- DIRECTIONS FOR THIS TASK -
Every entry here needs to be repeated exactly.

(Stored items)
##############################

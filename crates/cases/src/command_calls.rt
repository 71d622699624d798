//! What a command answers over files in memory that fail at one call.

use crate::ANSWER_ROOM;
use crate::answer_output::{push_display_format, push_escaped_text};
use crate::case_frames::{
    CaseCall, split_eight_byte_number, split_first_call, split_first_part_or_empty, words_of_parts,
};
use crate::conversion_calls::push_text_of_fault;
use crate::gathering_calls::FailingFiles;
use crate::loading_calls::named_files_of_parts;
use std::alloc::{AllocError, Global};
use sudoers_files::{Files, FilesInMemory};
use sudoers_run::{
    CheckWords, ConvertWords, Counted, ListWords, OutputForm, Sink, ToolFault, run_check,
    run_convert, run_edit, run_list, run_show,
};
use sudoers_tree::Items;

/// Adds what a command answers over the files that `parts` are: its status or its fault, what it writes, and how often it asks for files.
/// `body` has the number of the call that fails, from 1, and the command.
pub fn push_command_outcome(
    alloc: Global,
    body: &[u8],
    parts: &[u8],
    answers: &mut String,
) -> Result<(), AllocError> {
    let (failing, rest) = split_eight_byte_number(body);
    let Some((command, _)) = split_first_call(rest) else {
        return answers.push_str("unknown");
    };
    let files = FilesInMemory::new(named_files_of_parts(alloc, parts)?);
    let mut files = FailingFiles::new(files, failing);
    // A writer without room would fail where memory is refused.
    let mut written = Vec::with_capacity(alloc, ANSWER_ROOM)?;
    let outcome = run_command(alloc, &mut files, command, &mut Counted::new(&mut written));
    match outcome {
        Ok(status) => push_display_format(&status, answers)?,
        Err(fault) => push_text_of_fault(alloc, fault, answers)?,
    }
    answers.push('\t')?;
    push_escaped_text(written.as_slice(), answers)?;
    answers.push('\t')?;
    push_display_format(&files.calls(), answers)
}

/// Runs the command that `command` names. Its body is the name of the root, and then further parts; that of `edit` is its input.
fn run_command<F: Files, W: Sink>(
    alloc: Global,
    files: &mut F,
    command: CaseCall<'_>,
    writer: &mut W,
) -> Result<u8, ToolFault> {
    let (root, parts) = split_first_part_or_empty(command.body);
    match command.asked {
        b'c' => {
            let words = CheckWords {
                quiet: false,
                strict: false,
                skipped: true,
            };
            run_check(alloc, files, root, &words, writer)
        }
        b'v' => {
            let words = ConvertWords {
                form: OutputForm::Sudoers,
                filter: None,
                prune: false,
                expand: true,
            };
            run_convert(alloc, files, root, &words, writer)
        }
        b'l' => run_list_over_files(alloc, files, root, parts, writer),
        b'e' => run_edit(alloc, &mut Counted::new(command.body), 0, 0, writer),
        _ => run_show(alloc, files, root, writer),
    }
}

/// Runs `list`. The parts are passwd, group, the user, the host, the moment and the words, each a part.
fn run_list_over_files<F: Files, W: Sink>(
    alloc: Global,
    files: &mut F,
    root: &[u8],
    parts: &[u8],
    writer: &mut W,
) -> Result<u8, ToolFault> {
    let (passwd, rest) = split_first_part_or_empty(parts);
    let (group, rest) = split_first_part_or_empty(rest);
    let (user, rest) = split_first_part_or_empty(rest);
    let (host, rest) = split_first_part_or_empty(rest);
    let (moment, rest) = split_first_part_or_empty(rest);
    let (command, _) = split_first_part_or_empty(rest);
    let command = words_of_parts(alloc, command)?;
    let words = make_list_words(user, host, moment, command.as_slice());
    run_list(
        alloc,
        files,
        root,
        &mut Counted::new(passwd),
        &mut Counted::new(group),
        &words,
        writer,
    )
}

/// Returns the words of `list` that ask for the reason.
fn make_list_words<'a>(
    user: &'a [u8],
    host: &'a [u8],
    moment: &'a [u8],
    words: &'a [Items<u8>],
) -> ListWords<'a> {
    let unnamed: Option<&'a [u8]> = None;
    ListWords {
        user,
        host,
        moment,
        interfaces: b"",
        target: unnamed,
        group: unnamed,
        words,
        why: true,
    }
}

##############################

- OUTPUT OF THE EXERCISE -
filename crates/cases/src/command_calls.rt
repository 71d622699624d798
//! What a command answers over files in memory that fail at one call.

use crate::ANSWER_ROOM;
use crate::answer_output::{push_display_format, push_escaped_text};
use crate::case_frames::{
    CaseCall, split_eight_byte_number, split_first_call, split_first_part_or_empty, words_of_parts,
};
use crate::conversion_calls::push_text_of_fault;
use crate::gathering_calls::FailingFiles;
use crate::loading_calls::named_files_of_parts;
use std::alloc::{AllocError, Global};
use sudoers_files::{Files, FilesInMemory};
use sudoers_run::{
    CheckWords, ConvertWords, Counted, ListWords, OutputForm, Sink, ToolFault, run_check,
    run_convert, run_edit, run_list, run_show,
};
use sudoers_tree::Items;

/// Adds what a command answers over the files that `parts` are: its status or its fault, what it writes, and how often it asks for files.
/// `body` has the number of the call that fails, from 1, and the command.
pub fn push_command_outcome(
    alloc: Global,
    body: &[u8],
    parts: &[u8],
    answers: &mut String,
) -> Result<(), AllocError> {
    let (failing, rest) = split_eight_byte_number(body);
    let Some((command, _)) = split_first_call(rest) else {
        return answers.push_str("unknown");
    };
    let files = FilesInMemory::new(named_files_of_parts(alloc, parts)?);
    let mut files = FailingFiles::new(files, failing);
    // A writer without room would fail where memory is refused.
    let mut written = Vec::with_capacity(alloc, ANSWER_ROOM)?;
    let outcome = run_command(alloc, &mut files, command, &mut Counted::new(&mut written));
    match outcome {
        Ok(status) => push_display_format(&status, answers)?,
        Err(fault) => push_text_of_fault(alloc, fault, answers)?,
    }
    answers.push('\t')?;
    push_escaped_text(written.as_slice(), answers)?;
    answers.push('\t')?;
    push_display_format(&files.calls(), answers)
}

/// Runs the command that `command` names. Its body is the name of the root, and then further parts; that of `edit` is its input.
fn run_command<F: Files, W: Sink>(
    alloc: Global,
    files: &mut F,
    command: CaseCall<'_>,
    writer: &mut W,
) -> Result<u8, ToolFault> {
    let (root, parts) = split_first_part_or_empty(command.body);
    match command.asked {
        b'c' => {
            let words = CheckWords {
                quiet: false,
                strict: false,
                skipped: true,
            };
            run_check(alloc, files, root, &words, writer)
        }
        b'v' => {
            let words = ConvertWords {
                form: OutputForm::Sudoers,
                filter: None,
                prune: false,
                expand: true,
            };
            run_convert(alloc, files, root, &words, writer)
        }
        b'l' => run_list_over_files(alloc, files, root, parts, writer),
        b'e' => run_edit(alloc, &mut Counted::new(command.body), 0, 0, writer),
        _ => run_show(alloc, files, root, writer),
    }
}

/// Runs `list`. The parts are passwd, group, the user, the host, the moment and the words, each a part.
fn run_list_over_files<F: Files, W: Sink>(
    alloc: Global,
    files: &mut F,
    root: &[u8],
    parts: &[u8],
    writer: &mut W,
) -> Result<u8, ToolFault> {
    let (passwd, rest) = split_first_part_or_empty(parts);
    let (group, rest) = split_first_part_or_empty(rest);
    let (user, rest) = split_first_part_or_empty(rest);
    let (host, rest) = split_first_part_or_empty(rest);
    let (moment, rest) = split_first_part_or_empty(rest);
    let (command, _) = split_first_part_or_empty(rest);
    let command = words_of_parts(alloc, command)?;
    let words = make_list_words(user, host, moment, command.as_slice());
    run_list(
        alloc,
        files,
        root,
        &mut Counted::new(passwd),
        &mut Counted::new(group),
        &words,
        writer,
    )
}

/// Returns the words of `list` that ask for the reason.
fn make_list_words<'a>(
    user: &'a [u8],
    host: &'a [u8],
    moment: &'a [u8],
    words: &'a [Items<u8>],
) -> ListWords<'a> {
    let unnamed: Option<&'a [u8]> = None;
    ListWords {
        user,
        host,
        moment,
        interfaces: b"",
        target: unnamed,
        group: unnamed,
        words,
        why: true,
    }
}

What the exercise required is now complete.